→ REQUIREMENT
Please reproduce exactly the lines from the start of the records through the one containing "use crate::running::run_gated;", and nothing more.
━━━━━━━━━━━━━━━━
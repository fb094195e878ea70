//! The program: options, a script, and what is said of a fault.
ghost use Rattle.std.specs.Prelude.{
  ◌≡◌,
  ◌≢◌,
  ◌⊎◌,
  ◌↔◌,
  false,
  IsTrue,
  IfOk,
  IfErr,
  IsErrOf,
  OnOk,
  map,
  string_bytes,
};
ghost use Rattle.nb_runner.specs.Serving.{
  GiveNone,
  GiveOptions,
  HasFailed,
  HasShownHelp,
  HasRunAsAsked,
  IsServeFaultOf,
  streams,
  words_passed,
};

use crate::gates::{Gate, Open};
use crate::running::run_gated;
use nb_script::faults::{RunFault, ServeFault};
use nb_script::options::{OptionFault, Options, read_options};
use nb_script::streams::{Sink, Source, write_all};
use std::alloc::Global;
use std::sync::Wait;
use std::thread::Threads;

/// The options that the words give, if there are words.
fn options_of(alloc: Global, words: Result<&[String], OptionFault>) -> Result<Options, OptionFault>
    ensures given { IfOk result (λ options. GiveOptions (words_passed words.entry) options.shape) }
    ensures fault { IfErr result (GiveNone (words_passed words.entry)) }
{
    read_options(alloc, words?)
}

/// Reads the options and runs the script, or writes the help that the words ask for.
fn attend<H: Threads + Wait + AllocGlobal + Sync, G: Gate + Sync, R: Source, W: Sink>(
    rt: &H,
    gate: &G,
    words: Result<&[String], OptionFault>,
    reader: &mut R,
    writer: &mut W,
) -> Result<(), ServeFault>
    requires reader { R.failed reader.old ≡ false }
    requires writer { W.failed writer.old ≡ false }

    ensures ok { let given = words_passed words.entry in
        OnOk result (HasRunAsAsked given (R.remaining reader.old) (R.remaining reader.new)
        (W.contents writer.old) (W.contents writer.new)
        ⊎ HasShownHelp given (reader.new ≡ reader.old) (W.contents writer.old)
        (W.contents writer.new)) }
    ensures fault { IfErr result (IsServeFaultOf (words_passed words.entry)
        (R.remaining reader.old) (R.remaining reader.new) (reader.new ≡ reader.old)
        (W.contents writer.old) (W.contents writer.new)) }
    ensures read { IsErrOf result (ServeFault.Run RunFault.Read) ↔ IsTrue (R.failed reader.new) }
    ensures write { IsErrOf result (ServeFault.Run RunFault.Write) ↔ IsTrue (W.failed writer.new) }
    ensures silent { IfErr result (λ fault. fault ≢ ServeFault.Run RunFault.Write
        → writer.new ≡ writer.old) }
{
    match options_of(rt.alloc(), words) {
        Ok(options) => run_gated(rt, gate, &options, reader, writer).map_err(ServeFault::Run),
        Err(OptionFault::Usage) => Err(ServeFault::Usage),
        Err(OptionFault::OutOfMemory) => Err(ServeFault::Run(RunFault::OutOfMemory)),
        Err(OptionFault::Help(text)) => match write_all(writer, text.as_bytes()) {
            Ok(()) => Ok(()),
            Err(_) => Err(ServeFault::Run(RunFault::Write)),
        },
    }
}

/// Runs the program on the words of its command line, and answers its exit status: 0 where the
/// script was run or help was asked for, 1 where the reader or the writer failed, 2 for a fault of
/// the script, 3 for words that give no options, 4 where memory ran out or a thread couldn't be
/// started. A fault is told on `errors`; that `errors` fails changes no status.
pub fn serve<H: Threads + Wait + AllocGlobal + Sync, R: Source, W: Sink, E: Sink>(
    rt: &H,
    words: &[String],
    reader: &mut R,
    writer: &mut W,
    errors: &mut E,
) -> u8
    requires reader { R.failed reader.old ≡ false }
    requires writer { W.failed writer.old ≡ false }
    requires errors { E.failed errors.old ≡ false }

    ensures done { let given = Ok (map string_bytes words.now) in
        result ≡ 0 → HasRunAsAsked given (R.remaining reader.old) (R.remaining reader.new)
        (W.contents writer.old) (W.contents writer.new)
        ⊎ HasShownHelp given (reader.new ≡ reader.old) (W.contents writer.old)
        (W.contents writer.new) }
    ensures whole { result ≡ 0 → (R.failed reader.new ≡ false) × (W.failed writer.new ≡ false) }
    ensures quiet { result ≡ 0 → errors.new ≡ errors.old }

    ensures failed { result ≢ 0 → HasFailed (Ok (map string_bytes words.now))
        (streams (R.remaining reader.old) (W.contents writer.old) (E.contents errors.old)
        (R.failed reader.old) (W.failed writer.old) (E.failed errors.old))
        (streams (R.remaining reader.new) (W.contents writer.new) (E.contents errors.new)
        (R.failed reader.new) (W.failed writer.new) (E.failed errors.new))
        (reader.new ≡ reader.old) result }

    // Another fault than a failed write leaves the writer as it was.
    ensures silent { result ≢ 0 → W.failed writer.new ≡ false → writer.new ≡ writer.old }
{
    serve_gated(rt, &Open, Ok(words), reader, writer, errors)
}

/// The same, with a gate round each command.
pub fn serve_gated<
    H: Threads + Wait + AllocGlobal + Sync,
    G: Gate + Sync,
    R: Source,
    W: Sink,
    E: Sink,
>(
    rt: &H,
    gate: &G,
    words: Result<&[String], OptionFault>,
    reader: &mut R,
    writer: &mut W,
    errors: &mut E,
) -> u8
    requires reader { R.failed reader.old ≡ false }
    requires writer { W.failed writer.old ≡ false }
    requires errors { E.failed errors.old ≡ false }

    ensures done { let given = words_passed words.entry in
        result ≡ 0 → HasRunAsAsked given (R.remaining reader.old) (R.remaining reader.new)
        (W.contents writer.old) (W.contents writer.new)
        ⊎ HasShownHelp given (reader.new ≡ reader.old) (W.contents writer.old)
        (W.contents writer.new) }
    ensures whole { result ≡ 0 → (R.failed reader.new ≡ false) × (W.failed writer.new ≡ false) }
    ensures quiet { result ≡ 0 → errors.new ≡ errors.old }

    ensures failed { result ≢ 0 → HasFailed (words_passed words.entry)
        (streams (R.remaining reader.old) (W.contents writer.old) (E.contents errors.old)
        (R.failed reader.old) (W.failed writer.old) (E.failed errors.old))
        (streams (R.remaining reader.new) (W.contents writer.new) (E.contents errors.new)
        (R.failed reader.new) (W.failed writer.new) (E.failed errors.new))
        (reader.new ≡ reader.old) result }

    ensures silent { result ≢ 0 → W.failed writer.new ≡ false → writer.new ≡ writer.old }
{
    match attend(rt, gate, words, reader, writer) {
        Ok(()) => 0,
        Err(fault) => {
            let _ = fault.complain(errors);
            fault.status()
        }
    }
}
━━━━━━━━━━━━━━━━
→ EXERCISE RESPONSE
repository fb094195e878ea70
//! The program: options, a script, and what is said of a fault.
ghost use Rattle.std.specs.Prelude.{
  ◌≡◌,
  ◌≢◌,
  ◌⊎◌,
  ◌↔◌,
  false,
  IsTrue,
  IfOk,
  IfErr,
  IsErrOf,
  OnOk,
  map,
  string_bytes,
};
ghost use Rattle.nb_runner.specs.Serving.{
  GiveNone,
  GiveOptions,
  HasFailed,
  HasShownHelp,
  HasRunAsAsked,
  IsServeFaultOf,
  streams,
  words_passed,
};

use crate::gates::{Gate, Open};
use crate::running::run_gated;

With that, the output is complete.